▶ _RECORDS_:
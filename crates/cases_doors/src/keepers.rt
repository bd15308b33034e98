//! Keepers in memory.
use cases_rows::{heading, push_commit, push_load, push_rows, row};
use std::alloc::{AllocError, Global};
use wb_keepers::MemoryKeeper;

/// The calls 1 and 3 fail.
pub fn push(alloc: Global, shown: &mut String) -> Result<(), AllocError> {
    heading(shown, "a keeper in memory that fails")?;
    let mut rows = Vec::new(alloc);
    rows.push(row(alloc, "b", "1")?)?;
    rows.push(row(alloc, "a", "2")?)?;
    let mut keeper = MemoryKeeper::new(alloc, rows, Vec::from_slice(alloc, &[1, 3])?)?;
    push_load(alloc, shown, &mut keeper)?;
    push_load(alloc, shown, &mut keeper)?;
    push_commit(
        alloc,
        shown,
        &mut keeper,
        &[("c", "3"), ("a", "4"), ("b", ""), ("ab", "5")],
    )?;
    push_commit(alloc, shown, &mut keeper, &[("a", "")])?;
    push_rows(shown, keeper.rows())?;
    push_commit(alloc, shown, &mut keeper, &[("a", ""), ("d", "6")])?;
    push_load(alloc, shown, &mut keeper)
}
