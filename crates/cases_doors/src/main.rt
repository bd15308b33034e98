//! Cases of doors and keepers: in memory, over sockets that go by a script, and over TCP. It prints what it found.
#![tactic(auto)]

mod keepers;
mod memory;
mod scripts;
mod shown;
mod sockets;
mod tcp;

use std::alloc::AllocError;
use std::process::ExitCode;
use wb_base::Text;
use wb_console::finish;
use wb_outer::StdoutSink;

fn main(rt: HostRuntime) -> ExitCode {
    finish(&mut StdoutSink::new(&rt), answer(&rt))
}

/// All that was found.
fn answer(rt: &HostRuntime) -> Result<Option<Text>, AllocError> {
    let mut shown = String::new(rt.alloc());
    memory::push(rt.alloc(), &mut shown)?;
    sockets::push(rt.alloc(), &mut shown)?;
    keepers::push(rt.alloc(), &mut shown)?;
    tcp::push(rt, &mut shown)?;
    Ok(Some(Text::from_string(shown)))
}
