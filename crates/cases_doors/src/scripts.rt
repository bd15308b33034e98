//! Calls that a door is asked to make, by a script.
ghost use Rattle.std.specs.Prelude.{◌≡◌, Some};

use crate::shown::{got_word, next_word, wrote_word};
use cases_rows::line;
use std::alloc::AllocError;
use wb_outer::{Door, Next};

/// A call on the connection at hand: two bytes at most are read, or a piece is written.
#[derive(Clone, Copy, Debug)]
pub enum Step {
    Read,
    Write(&'static str),
}

/// Makes the calls on the connection at hand, and shows each answer.
fn push_line<D: Door>(shown: &mut String, door: &mut D, steps: &[Step]) -> Result<(), AllocError>
    requires { (D.told door.old).last ≡ Some Next.Line }
{
    for step in steps {
        match step {
            Step::Read => {
                let mut room = [0u8; 2];
                let got = door.read(&mut room);
                line(shown, "read", got_word(got, &room))?;
            }
            Step::Write(piece) => line(shown, "write", wrote_word(door.write(piece.as_bytes())))?,
        }
    }
    Ok(())
}

/// Asks for the next connection, and makes the calls on it where one comes.
pub fn push_next<D: Door>(
    shown: &mut String,
    door: &mut D,
    steps: &[Step],
) -> Result<(), AllocError> {
    let next = door.next();
    line(shown, "next", next_word(next))?;
    if next == Next::Line {
        push_line(shown, door, steps)?;
    }
    Ok(())
}
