//! Doors in memory.
use crate::scripts::Step::{Read, Write};
use crate::scripts::push_next;
use cases_rows::{as_text, heading, line};
use std::alloc::{AllocError, Global};
use wb_doors::MemoryDoor;
use wb_outer::Bytes;

fn pieces(alloc: Global, texts: &[&str]) -> Result<Vec<Bytes>, AllocError> {
    let mut pieces = Vec::new(alloc);
    for text in texts {
        pieces.push(Bytes::from_slice(alloc, text.as_bytes())?)?;
    }
    Ok(pieces)
}

/// A connection of three pieces, the second of them empty, and one without any.
fn door(alloc: Global, failing: &[u64]) -> Result<MemoryDoor, AllocError> {
    let mut lines = Vec::new(alloc);
    lines.push(pieces(alloc, &["abc", "", "d"])?)?;
    lines.push(Vec::new(alloc))?;
    MemoryDoor::new(alloc, lines, Vec::from_slice(alloc, failing)?)
}

fn push_sent(shown: &mut String, door: &MemoryDoor) -> Result<(), AllocError> {
    for number in 0..door.line_count() {
        line(shown, "sent", as_text(door.sent(number)))?;
    }
    Ok(())
}

pub fn push(alloc: Global, shown: &mut String) -> Result<(), AllocError> {
    push_sure(alloc, shown)?;
    push_failing(alloc, shown)
}

/// No call fails.
fn push_sure(alloc: Global, shown: &mut String) -> Result<(), AllocError> {
    heading(shown, "a door in memory")?;
    let mut door = door(alloc, &[])?;
    push_sent(shown, &door)?;
    push_next(
        shown,
        &mut door,
        &[Write("one, "), Read, Read, Write("two"), Read, Read, Read],
    )?;
    push_next(shown, &mut door, &[Read, Write("three")])?;
    push_next(shown, &mut door, &[])?;
    push_next(shown, &mut door, &[])?;
    push_sent(shown, &door)
}

/// The calls 0, 2, 4, 7 and 10 fail: of the first connection the read and the write that come first, and each call for
/// the next connection that comes first.
fn push_failing(alloc: Global, shown: &mut String) -> Result<(), AllocError> {
    heading(shown, "a door in memory that fails")?;
    let mut door = door(alloc, &[0, 2, 4, 7, 10])?;
    push_next(shown, &mut door, &[])?;
    push_next(
        shown,
        &mut door,
        &[Read, Read, Write("lost"), Write("kept"), Read],
    )?;
    push_next(shown, &mut door, &[])?;
    push_next(shown, &mut door, &[Read])?;
    push_next(shown, &mut door, &[])?;
    push_next(shown, &mut door, &[])?;
    push_sent(shown, &door)
}
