//! A door over sockets that are interrupted, fail, and give and take little at a time.
ghost use Rattle.std.specs.Prelude.{◌<◌, ◌≤◌, length};
ghost use Rattle.wb_outer.specs.Files.{FitsPart};
ghost use Rattle.wb_outer.specs.Output.{IsPart};

use crate::scripts::Step::{Read, Write};
use crate::scripts::push_next;
use crate::shown::wrote_word;
use cases_rows::{heading, line};
use std::alloc::{AllocError, Global};
use wb_doors::{Came, Sockets, SocketsTold, TcpDoor};
use wb_outer::{Part, Put};

/// Each call takes the first character that is left of a script: `i` is an interruption, `f` a failure, `.` the end of a
/// connection, and a digit so many bytes, of which those that are given are `a`. At the end of the script each call fails.
#[derive(Drop)]
struct Scripted {
    left: Vec<u8>,
    told: SocketsTold,
}

fn by_script(alloc: Global, script: &str) -> Result<Scripted, AllocError> {
    Ok(Scripted {
        left: Vec::from_slice(alloc, script.as_bytes())?,
        told: SocketsTold::new(),
    })
}

// The first character that is left.
fn step(left: &mut Vec<u8>) -> u8 {
    if left.is_empty() {
        b'f'
    } else {
        left.remove(0)
    }
}

// How many bytes a digit stands for, one at least and no more than so many.
fn count_of(digit: u8, most: usize) -> usize
    requires { 0 < most }
    ensures some { 0 < result }
    ensures within { result ≤ most }
{
    usize::from(digit.saturating_sub(b'0')).max(1).min(most)
}

fn part(left: &mut Vec<u8>, room: &mut [u8]) -> Part
    requires { 0 < length room.old }
    ensures { FitsPart result room.new }
{
    match step(left) {
        b'i' => Part::Interrupted,
        b'f' => Part::Failed,
        b'.' => Part::End,
        digit => {
            let count = count_of(digit, room.len());
            room[..count].fill(b'a');
            Part::Bytes(count)
        }
    }
}

fn put(left: &mut Vec<u8>, bytes: &[u8]) -> Put
    requires { 0 < length bytes.now }
    ensures { IsPart result bytes.now }
{
    match step(left) {
        b'i' => Put::Interrupted,
        b'f' => Put::Failed,
        digit => Put::Took(count_of(digit, bytes.len())),
    }
}

impl Sockets for Scripted {
    ghost told = { λ s. s.told };

    fn listen(&mut self) -> bool {
        let is_listening = step(&mut self.left) != b'f';
        self.told.note_listen(is_listening);
        is_listening
    }

    fn accept(&mut self) -> Came {
        let came = match step(&mut self.left) {
            b'i' => Came::Interrupted,
            b'f' => Came::Failed,
            _ => Came::Peer,
        };
        self.told.note_accept(came);
        came
    }

    fn read(&mut self, room: &mut [u8]) -> Part {
        let part = part(&mut self.left, room);
        self.told.note_read(part, room);
        part
    }

    fn put(&mut self, bytes: &[u8]) -> Put {
        let put = put(&mut self.left, bytes);
        self.told.note_put(put, bytes);
        put
    }
}

pub fn push(alloc: Global, shown: &mut String) -> Result<(), AllocError> {
    push_listening(alloc, shown)?;
    push_lines(alloc, shown)
}

/// The first bind is refused; of the others the first is made, and no more.
fn push_listening(alloc: Global, shown: &mut String) -> Result<(), AllocError> {
    heading(shown, "sockets that refuse to listen")?;
    let mut door = TcpDoor::over(by_script(alloc, "f1fi1")?);
    for _ in 0..3u8 {
        line(shown, "listen", wrote_word(door.listen()))?;
    }
    push_next(shown, &mut door, &[])?;
    push_next(shown, &mut door, &[])
}

/// The door listens at its first call for the next connection.
fn push_lines(alloc: Global, shown: &mut String) -> Result<(), AllocError> {
    heading(shown, "sockets that are interrupted and fail")?;
    let mut door = TcpDoor::over(by_script(alloc, "f1fii1i21fi.1i211f")?);
    push_next(shown, &mut door, &[])?;
    push_next(shown, &mut door, &[])?;
    push_next(
        shown,
        &mut door,
        &[
            Read,
            Read,
            Read,
            Read,
            Write("four"),
            Write(""),
            Write("on"),
        ],
    )?;
    push_next(shown, &mut door, &[])
}
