//! Words for what doors answer.
use cases_rows::as_text;
use wb_outer::{Got, Next, Wrote};

pub fn next_word(next: Next) -> &'static str {
    match next {
        Next::Line => "line",
        Next::Closed => "closed",
        Next::Failed => "failed",
    }
}

pub fn wrote_word(wrote: Wrote) -> &'static str {
    match wrote {
        Wrote::Done => "done",
        Wrote::Failed => "failed",
    }
}

/// What was read into a room of two bytes.
pub fn got_word(got: Got, room: &[u8; 2]) -> &str {
    match got {
        Got::Bytes(1) => as_text(&room[..1]),
        Got::Bytes(_) => as_text(room.as_slice()),
        Got::End => "end",
        Got::Failed => "failed",
    }
}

▶ _TASK TO COMPLETE_:
Only the lines from the top of the data through the line that contains "push_rows(shown, keeper.rows())?;" should be quoted, exactly as they stand.

▶ _WRITTEN SOLUTION_:
filename crates/cases_doors/src/keepers.rt
repository bd15308b33034e98
//! Keepers in memory.
use cases_rows::{heading, push_commit, push_load, push_rows, row};
use std::alloc::{AllocError, Global};
use wb_keepers::MemoryKeeper;

/// The calls 1 and 3 fail.
pub fn push(alloc: Global, shown: &mut String) -> Result<(), AllocError> {
    heading(shown, "a keeper in memory that fails")?;
    let mut rows = Vec::new(alloc);
    rows.push(row(alloc, "b", "1")?)?;
    rows.push(row(alloc, "a", "2")?)?;
    let mut keeper = MemoryKeeper::new(alloc, rows, Vec::from_slice(alloc, &[1, 3])?)?;
    push_load(alloc, shown, &mut keeper)?;
    push_load(alloc, shown, &mut keeper)?;
    push_commit(
        alloc,
        shown,
        &mut keeper,
        &[("c", "3"), ("a", "4"), ("b", ""), ("ab", "5")],
    )?;
    push_commit(alloc, shown, &mut keeper, &[("a", "")])?;
    push_rows(shown, keeper.rows())?;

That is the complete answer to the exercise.